* _EXERCISE DIRECTIONS_:
How many of the lines below contain "DecodeFault"? Answer with that number alone.
--- INPUT DATA Enclosed Below ---
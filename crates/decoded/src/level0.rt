//! Level 0 discovery (Core 2.01, section 3.3.6; Opal SSC 2.01, section 3.1.1).

ghost use Rattle.std.specs.Prelude.{◌≡◌, ◌++◌, OnOk, MatchOption, Some, None};
ghost use Rattle.decoded.specs.Fields.{rows_of};
ghost use Rattle.decoded.specs.Faults.{Checks};
ghost use Rattle.decoded.specs.Features.{level0_fields, feature_fields, feature_row, feature_of, feature_code, feature_size, features_in, feature_lines, features_lines, feature_fault, features_fault, fault_of_known, level0_size, level0_features, level0_fault, level0_lines};

use crate::fault::DecodeFault;
use crate::field::{
    Field, Form, append_hex_line, append_line, append_rows, behind, byte_at, check_fields,
    check_size, front,
};
use byteorder::{BigEndian, ByteOrder};
use std::alloc::{AllocError, Global};

/// The header.
const LEVEL0: [Field; 3] = [
    Field("LengthOfParameterData", &[0, 1, 2, 3], Form::Decimal),
    Field("DataStructureRevision", &[4, 5, 6, 7], Form::Hex),
    Field(
        "VendorSpecific",
        &[
            16, 17, 18, 19, 20, 21, 22, 23, 24, 25, 26, 27, 28, 29, 30, 31, 32, 33, 34, 35, 36, 37,
            38, 39, 40, 41, 42, 43, 44, 45, 46, 47,
        ],
        Form::Hex,
    ),
];

/// How many bytes the header has.
const LEVEL0_HEADER: usize = 48;

/// What each feature begins with.
const FEATURE_HEAD: [Field; 3] = [
    Field("FeatureCode", &[0, 1], Form::Hex),
    Field("Version", &[2], Form::High),
    Field("Length", &[3], Form::Decimal),
];

/// How many bytes that has.
const FEATURE_HEADER: usize = 4;

const TPER: [Field; 6] = [
    Field("SyncSupported", &[4], Form::Flag(0x01)),
    Field("AsyncSupported", &[4], Form::Flag(0x02)),
    Field("ACK/NAKSupported", &[4], Form::Flag(0x04)),
    Field("BufferManagementSupported", &[4], Form::Flag(0x08)),
    Field("StreamingSupported", &[4], Form::Flag(0x10)),
    Field("ComIDManagementSupported", &[4], Form::Flag(0x40)),
];

const LOCKING: [Field; 6] = [
    Field("LockingSupported", &[4], Form::Flag(0x01)),
    Field("LockingEnabled", &[4], Form::Flag(0x02)),
    Field("Locked", &[4], Form::Flag(0x04)),
    Field("MediaEncryption", &[4], Form::Flag(0x08)),
    Field("MBREnabled", &[4], Form::Flag(0x10)),
    Field("MBRDone", &[4], Form::Flag(0x20)),
];

const GEOMETRY: [Field; 4] = [
    Field("ALIGN", &[4], Form::Flag(0x01)),
    Field("LogicalBlockSize", &[12, 13, 14, 15], Form::Decimal),
    Field(
        "AlignmentGranularity",
        &[16, 17, 18, 19, 20, 21, 22, 23],
        Form::Decimal,
    ),
    Field(
        "LowestAlignedLBA",
        &[24, 25, 26, 27, 28, 29, 30, 31],
        Form::Decimal,
    ),
];

const OPAL: [Field; 7] = [
    Field("BaseComID", &[4, 5], Form::Hex),
    Field("NumberOfComIDs", &[6, 7], Form::Decimal),
    Field("RangeCrossingBehavior", &[8], Form::Flag(0x01)),
    Field("NumberOfLockingSPAdmins", &[9, 10], Form::Decimal),
    Field("NumberOfLockingSPUsers", &[11, 12], Form::Decimal),
    Field("InitialC_PIN_SIDIndicator", &[13], Form::Hex),
    Field("C_PIN_SIDUponRevert", &[14], Form::Hex),
];

const BLOCK_SID: [Field; 3] = [
    Field("SIDValueState", &[4], Form::Flag(0x01)),
    Field("SIDBlockedState", &[4], Form::Flag(0x02)),
    Field("HardwareReset", &[5], Form::Flag(0x01)),
];

const DATA_REMOVAL: [Field; 9] = [
    Field("DataRemovalOperationProcessing", &[5], Form::Flag(0x01)),
    Field("SupportedDataRemovalMechanism", &[6], Form::Hex),
    Field("DataRemovalTimeFormat", &[7], Form::Hex),
    Field("DataRemovalTimeBit0", &[8, 9], Form::Decimal),
    Field("DataRemovalTimeBit1", &[10, 11], Form::Decimal),
    Field("DataRemovalTimeBit2", &[12, 13], Form::Decimal),
    Field("DataRemovalTimeBit3", &[14, 15], Form::Decimal),
    Field("DataRemovalTimeBit4", &[16, 17], Form::Decimal),
    Field("DataRemovalTimeBit5", &[18, 19], Form::Decimal),
];

/// A feature that is known: its name, and what it has behind its length.
#[derive(Clone, Copy)]
pub(crate) struct Feature {
    pub name: &'static str,
    pub fields: &'static [Field],
}

#[tactic(auto, unfolding(crate::specs::Features::level0_fields))]
fn level0_fields() -> &'static [Field]
    ensures { rows_of result.now ≡ level0_fields }
{
    &LEVEL0
}

#[tactic(auto, unfolding(crate::specs::Features::feature_fields))]
fn feature_fields() -> &'static [Field]
    ensures { rows_of result.now ≡ feature_fields }
{
    &FEATURE_HEAD
}

/// The feature of a code.
#[tactic(auto, unfolding(crate::specs::Features::tper_fields, crate::specs::Features::locking_fields, crate::specs::Features::geometry_fields, crate::specs::Features::opal_fields, crate::specs::Features::block_sid_fields, crate::specs::Features::data_removal_fields))]
fn feature_of(code: u16) -> Option<Feature>
    ensures { MatchOption result (feature_of code ≡ None)
        (λ known. feature_of code ≡ Some (feature_row known)) }
{
    match code {
        0x0001 => Some(Feature {
            name: "TPer",
            fields: &TPER,
        }),
        0x0002 => Some(Feature {
            name: "Locking",
            fields: &LOCKING,
        }),
        0x0003 => Some(Feature {
            name: "Geometry",
            fields: &GEOMETRY,
        }),
        0x0203 => Some(Feature {
            name: "OpalSSC2",
            fields: &OPAL,
        }),
        0x0402 => Some(Feature {
            name: "BlockSID",
            fields: &BLOCK_SID,
        }),
        0x0404 => Some(Feature {
            name: "DataRemoval",
            fields: &DATA_REMOVAL,
        }),
        _ => None,
    }
}

/// The code of a feature.
fn feature_code(feature: &[u8]) -> u16
    ensures { result ≡ feature_code feature.now }
{
    256 * u16::from(byte_at(feature, 0)) + u16::from(byte_at(feature, 1))
}

/// How many bytes a feature has by its length.
fn feature_size(feature: &[u8]) -> usize
    ensures { result ≡ feature_size feature.now }
{
    FEATURE_HEADER + usize::from(byte_at(feature, 3))
}

/// Appends the lines of a feature.
fn append_feature(alloc: Global, text: &mut Vec<u8>, feature: &[u8]) -> Result<(), AllocError>
    ensures { OnOk result (text.new.items ≡ text.old.items ++ feature_lines feature.now) }
{
    match feature_of(feature_code(feature)) {
        Some(known) => {
            append_line(text, "Feature", known.name.as_bytes())?;
            append_rows(alloc, text, feature_fields(), feature)?;
            append_rows(alloc, text, known.fields, feature)?;
        }
        None => {
            append_line(text, "Feature", b"unknown")?;
            append_rows(alloc, text, feature_fields(), feature)?;
            append_hex_line(alloc, text, "Data", behind(feature, FEATURE_HEADER))?;
        }
    }
    Ok(())
}

/// Appends the lines of features that stand one behind the other.
fn append_features(alloc: Global, text: &mut Vec<u8>, features: &[u8]) -> Result<(), AllocError>
    ensures { OnOk result (text.new.items ≡ text.old.items
        ++ features_lines (features_in 0 features.now)) }
{
    let mut rest = features;
    while !rest.is_empty() {
        let size = feature_size(rest);
        append_feature(alloc, text, front(rest, size))?;
        rest = behind(rest, size);
    }
    Ok(())
}

/// Sees that a feature that is known has its fields.
fn check_known(feature: &[u8]) -> Result<(), DecodeFault>
    ensures { Checks (fault_of_known (feature_of (feature_code feature.now)) feature.now) result }
{
    match feature_of(feature_code(feature)) {
        Some(known) => {
            check_fields(known.fields, feature)?;
            Ok(())
        }
        None => Ok(()),
    }
}

/// Sees that a feature has its fields, and all that its length says.
fn check_feature(feature: &[u8]) -> Result<(), DecodeFault>
    ensures { Checks (feature_fault feature.now) result }
{
    check_fields(feature_fields(), feature)?;
    check_known(feature)?;
    check_size(feature_size(feature), "Data", feature)?;
    Ok(())
}

/// Sees that all features have their fields.
#[tactic(auto, using(crate::proofs::NextFeature::fault_behind))]
fn check_features(features: &[u8]) -> Result<(), DecodeFault>
    ensures { Checks (features_fault (features_in 0 features.now)) result }
{
    let mut rest = features;
    while !rest.is_empty() {
        let size = feature_size(rest);
        check_feature(front(rest, size))?;
        rest = behind(rest, size);
    }
    Ok(())
}

/// How many bytes the discovery has by its length.
fn level0_size(bytes: &[u8]) -> usize
    ensures { result ≡ level0_size bytes.now }
{
    let length = [
        byte_at(bytes, 0),
        byte_at(bytes, 1),
        byte_at(bytes, 2),
        byte_at(bytes, 3),
    ];
    4 + BigEndian::read_u32(&length) as usize
}

/// The features, as far as the bytes and the length go.
fn features(bytes: &[u8]) -> &[u8]
    ensures { result.now ≡ level0_features bytes.now }
{
    behind(front(bytes, level0_size(bytes)), LEVEL0_HEADER)
}

/// Sees that bytes have a discovery in them, whole.
pub(crate) fn check_level0(bytes: &[u8]) -> Result<(), DecodeFault>
    ensures { Checks (level0_fault bytes.now) result }
{
    check_fields(level0_fields(), bytes)?;
    check_features(features(bytes))?;
    check_size(level0_size(bytes), "FeatureCode", bytes)?;
    Ok(())
}

/// Appends the lines of a discovery.
pub(crate) fn append_level0(
    alloc: Global,
    text: &mut Vec<u8>,
    bytes: &[u8],
) -> Result<(), AllocError>
    ensures { OnOk result (text.new.items ≡ text.old.items ++ level0_lines bytes.now) }
{
    append_rows(alloc, text, level0_fields(), bytes)?;
    append_features(alloc, text, features(bytes))?;
    Ok(())
}
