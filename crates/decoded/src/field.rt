//! Fields of structures in bytes, and the lines that tell them.

ghost use Rattle.std.specs.Prelude.{◌≡◌, ◌++◌, ◌==◌, if◌then◌else◌, bit_and, codes, OnOk, IfOk, MatchOption, Some, None, decimal, take, drop, slice_index};
ghost use Rattle.decoded.specs.Fields.{field_row, rows_of, octets_at, octets_number, prefixed_hex, printable, quoted, value_text, field_line, row_line, row_lines, reaches, cut_field};
ghost use Rattle.decoded.specs.Faults.{Checks, fields_fault, size_fault};

use crate::fault::DecodeFault;
use basics::{append_decimal, append_hex};
use byteorder::{BigEndian, ByteOrder};
use std::alloc::{AllocError, Global};

/// How the value of a field is told.
#[derive(Clone, Copy)]
pub(crate) enum Form {
    /// A number in decimal.
    Decimal,
    /// `0x` and hex.
    Hex,
    /// 1 where one of these bits is set, else 0.
    Flag(u64),
    /// These low bits, in decimal.
    Low(u64),
    /// The bits above the lowest four, in decimal.
    High,
    /// Characters between quotes.
    Text,
}

/// A field of a structure: its name, the places of its bytes with that of the highest one first, and how it is told.
#[derive(Clone, Copy)]
pub(crate) struct Field(pub &'static str, pub &'static [usize], pub Form);

/// A byte, or 0 where there is none.
pub(crate) fn byte_at(bytes: &[u8], place: usize) -> u8
    ensures { result ≡ slice_index bytes.now place }
{
    match bytes.get(place) {
        Some(byte) => *byte,
        None => 0,
    }
}

/// The bytes at these places.
fn octets_at(alloc: Global, places: &[usize], bytes: &[u8]) -> Result<Vec<u8>, AllocError>
    ensures { IfOk result (λ octets. octets.items ≡ octets_at places.now bytes.now) }
{
    places
        .iter()
        .map(|place| byte_at(bytes, *place))
        .collect(alloc)
}

/// The number that one to eight bytes write, the highest first.
pub(crate) fn number(octets: &[u8]) -> u64
    ensures { result ≡ octets_number octets.now }
{
    let size = octets.len();
    if 1 <= size && size <= 8 {
        BigEndian::read_uint(octets, size)
    } else {
        0
    }
}

/// A character of printable ASCII, or a question mark.
fn printable(octet: u8) -> u8
    ensures { result ≡ printable octet }
{
    match octet {
        32..=126 => octet,
        _ => b'?',
    }
}

/// Appends `0x` and bytes in hex.
pub(crate) fn append_prefixed_hex(text: &mut Vec<u8>, octets: &[u8]) -> Result<(), AllocError>
    ensures { OnOk result (text.new.items ≡ text.old.items ++ prefixed_hex octets.now) }
{
    text.extend_from_slice(b"0x")?;
    append_hex(text, octets)
}

/// Appends characters between quotes.
fn append_quoted(alloc: Global, text: &mut Vec<u8>, octets: &[u8]) -> Result<(), AllocError>
    ensures { OnOk result (text.new.items ≡ text.old.items ++ quoted octets.now) }
{
    let characters: Vec<u8> = octets.iter().map(|octet| printable(*octet)).collect(alloc)?;
    text.extend_from_slice(b"\"")?;
    text.extend_from_slice(&characters)?;
    text.extend_from_slice(b"\"")?;
    Ok(())
}

/// 1 where a bit of the mask is set, else 0.
fn flag_digit(number: u64, mask: u64) -> &'static str
    ensures { result.now ≡ (if bit_and number mask == 0 then codes "0" else codes "1") }
{
    if number & mask == 0 { "0" } else { "1" }
}

/// Appends the value of a field that has these bytes.
fn append_value(
    alloc: Global,
    text: &mut Vec<u8>,
    form: Form,
    octets: &[u8],
) -> Result<(), AllocError>
    ensures { OnOk result (text.new.items ≡ text.old.items ++ value_text form octets.now) }
{
    match form {
        Form::Decimal => append_decimal(alloc, text, number(octets))?,
        Form::Hex => append_prefixed_hex(text, octets)?,
        Form::Flag(mask) => text.extend_from_slice(flag_digit(number(octets), mask).as_bytes())?,
        Form::Low(mask) => append_decimal(alloc, text, number(octets) & mask)?,
        Form::High => append_decimal(alloc, text, number(octets) / 16)?,
        Form::Text => append_quoted(alloc, text, octets)?,
    }
    Ok(())
}

/// Appends a line of a name and a value.
pub(crate) fn append_line(text: &mut Vec<u8>, name: &str, value: &[u8]) -> Result<(), AllocError>
    ensures { OnOk result (text.new.items ≡ text.old.items ++ field_line name.now value.now) }
{
    text.extend_from_slice(name.as_bytes())?;
    text.extend_from_slice(b" ")?;
    text.extend_from_slice(value)?;
    text.extend_from_slice(b"\n")?;
    Ok(())
}

/// Appends a line of a name and bytes in hex.
pub(crate) fn append_hex_line(
    alloc: Global,
    text: &mut Vec<u8>,
    name: &str,
    octets: &[u8],
) -> Result<(), AllocError>
    ensures { OnOk result
        (text.new.items ≡ text.old.items ++ field_line name.now (prefixed_hex octets.now)) }
{
    let mut value = Vec::new(alloc);
    append_prefixed_hex(&mut value, octets)?;
    append_line(text, name, &value)?;
    Ok(())
}

/// Appends the line of a field.
fn append_row(
    alloc: Global,
    text: &mut Vec<u8>,
    field: &Field,
    bytes: &[u8],
) -> Result<(), AllocError>
    ensures { OnOk result (text.new.items ≡ text.old.items
        ++ row_line (field_row field.now) bytes.now) }
{
    let octets = octets_at(alloc, field.1, bytes)?;
    let mut value = Vec::new(alloc);
    append_value(alloc, &mut value, field.2, &octets)?;
    append_line(text, field.0, &value)?;
    Ok(())
}

/// Appends the lines of the fields of a structure.
pub(crate) fn append_rows(
    alloc: Global,
    text: &mut Vec<u8>,
    fields: &[Field],
    bytes: &[u8],
) -> Result<(), AllocError>
    ensures { OnOk result (text.new.items ≡ text.old.items
        ++ row_lines (rows_of fields.now) bytes.now) }
{
    for field in fields {
        append_row(alloc, text, field, bytes)?;
    }
    Ok(())
}

/// Whether one of the places lies behind so many bytes.
fn reaches(places: &[usize], size: usize) -> bool
    ensures { result ≡ reaches places.now size }
{
    for place in places {
        if *place >= size {
            return true;
        }
    }
    false
}

/// The first field that so many bytes cut off.
pub(crate) fn cut_field(fields: &[Field], size: usize) -> Option<&'static str>
    ensures { MatchOption result (cut_field (rows_of fields.now) size ≡ None)
        (λ name. cut_field (rows_of fields.now) size ≡ Some name.now) }
{
    for field in fields {
        if reaches(field.1, size) {
            return Some(field.0);
        }
    }
    None
}

/// Sees that no field of a structure is cut off.
pub(crate) fn check_fields(fields: &[Field], bytes: &[u8]) -> Result<(), DecodeFault>
    ensures { Checks (fields_fault (rows_of fields.now) bytes.now) result }
{
    match cut_field(fields, bytes.len()) {
        Some(name) => Err(DecodeFault::Cut(name)),
        None => Ok(()),
    }
}

/// Sees that there are so many bytes; else they end within a part.
pub(crate) fn check_size(size: usize, part: &'static str, bytes: &[u8]) -> Result<(), DecodeFault>
    ensures { Checks (size_fault size part.now bytes.now) result }
{
    if bytes.len() < size {
        Err(DecodeFault::Cut(part))
    } else {
        Ok(())
    }
}

/// The first bytes, so many where there are as many.
#[tactic(auto, using(std::proofs::lemmas::List::take_min))]
pub(crate) fn front(bytes: &[u8], size: usize) -> &[u8]
    ensures { result.now ≡ take size bytes.now }
{
    &bytes[..size.min(bytes.len())]
}

/// The bytes behind the first so many.
#[tactic(auto, using(std::proofs::lemmas::List::drop_min))]
pub(crate) fn behind(bytes: &[u8], size: usize) -> &[u8]
    ensures { result.now ≡ drop size bytes.now }
{
    &bytes[size.min(bytes.len())..]
}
--- End of Enclosed INPUT DATA ---
* _SOLUTION TO THIS PROBLEM_:
10